From the first line of the entries below, reproduce everything exactly through the line with "pub fn routine_types(names: &Names, method: &Method)", and nothing more.

+--

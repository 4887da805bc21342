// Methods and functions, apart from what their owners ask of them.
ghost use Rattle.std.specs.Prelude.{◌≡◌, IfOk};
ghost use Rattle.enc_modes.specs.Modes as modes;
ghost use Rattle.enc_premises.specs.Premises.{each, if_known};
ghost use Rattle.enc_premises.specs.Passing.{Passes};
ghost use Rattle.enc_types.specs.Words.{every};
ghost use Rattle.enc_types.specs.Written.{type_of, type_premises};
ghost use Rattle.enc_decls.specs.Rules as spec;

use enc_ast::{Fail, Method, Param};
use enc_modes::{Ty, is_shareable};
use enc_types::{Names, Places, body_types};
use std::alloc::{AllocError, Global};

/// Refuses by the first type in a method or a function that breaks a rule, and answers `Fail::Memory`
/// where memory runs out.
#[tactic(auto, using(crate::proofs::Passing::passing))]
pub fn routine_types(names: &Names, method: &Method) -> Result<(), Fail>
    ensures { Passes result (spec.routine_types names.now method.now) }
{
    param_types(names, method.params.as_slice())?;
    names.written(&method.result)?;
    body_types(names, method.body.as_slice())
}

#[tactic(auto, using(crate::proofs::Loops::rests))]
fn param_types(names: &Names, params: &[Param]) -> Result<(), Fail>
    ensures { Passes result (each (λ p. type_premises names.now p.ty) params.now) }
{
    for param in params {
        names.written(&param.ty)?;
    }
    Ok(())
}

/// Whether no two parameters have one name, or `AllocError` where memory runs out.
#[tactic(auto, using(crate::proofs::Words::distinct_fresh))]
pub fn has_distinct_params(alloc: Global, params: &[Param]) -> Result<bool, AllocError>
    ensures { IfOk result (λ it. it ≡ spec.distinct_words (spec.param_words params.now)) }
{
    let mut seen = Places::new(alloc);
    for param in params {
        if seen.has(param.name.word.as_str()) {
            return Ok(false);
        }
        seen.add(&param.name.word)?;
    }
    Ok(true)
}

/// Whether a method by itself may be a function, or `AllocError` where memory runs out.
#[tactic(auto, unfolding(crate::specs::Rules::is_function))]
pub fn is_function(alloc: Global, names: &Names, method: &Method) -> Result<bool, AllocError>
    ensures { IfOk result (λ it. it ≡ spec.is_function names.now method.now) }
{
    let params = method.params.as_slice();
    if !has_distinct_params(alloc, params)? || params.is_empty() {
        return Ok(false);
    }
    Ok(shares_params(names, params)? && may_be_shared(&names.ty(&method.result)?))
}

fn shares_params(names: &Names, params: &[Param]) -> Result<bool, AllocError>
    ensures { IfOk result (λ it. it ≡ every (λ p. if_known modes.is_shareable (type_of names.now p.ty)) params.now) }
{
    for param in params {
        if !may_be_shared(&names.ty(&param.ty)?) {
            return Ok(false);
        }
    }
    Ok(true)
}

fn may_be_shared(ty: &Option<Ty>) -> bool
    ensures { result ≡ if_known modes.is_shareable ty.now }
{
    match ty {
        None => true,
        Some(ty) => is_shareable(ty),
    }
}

+--

■ RESPONSE
repository 4887da805bc21342
// Methods and functions, apart from what their owners ask of them.
ghost use Rattle.std.specs.Prelude.{◌≡◌, IfOk};
ghost use Rattle.enc_modes.specs.Modes as modes;
ghost use Rattle.enc_premises.specs.Premises.{each, if_known};
ghost use Rattle.enc_premises.specs.Passing.{Passes};
ghost use Rattle.enc_types.specs.Words.{every};
ghost use Rattle.enc_types.specs.Written.{type_of, type_premises};
ghost use Rattle.enc_decls.specs.Rules as spec;

use enc_ast::{Fail, Method, Param};
use enc_modes::{Ty, is_shareable};
use enc_types::{Names, Places, body_types};
use std::alloc::{AllocError, Global};

/// Refuses by the first type in a method or a function that breaks a rule, and answers `Fail::Memory`
/// where memory runs out.
#[tactic(auto, using(crate::proofs::Passing::passing))]
pub fn routine_types(names: &Names, method: &Method) -> Result<(), Fail>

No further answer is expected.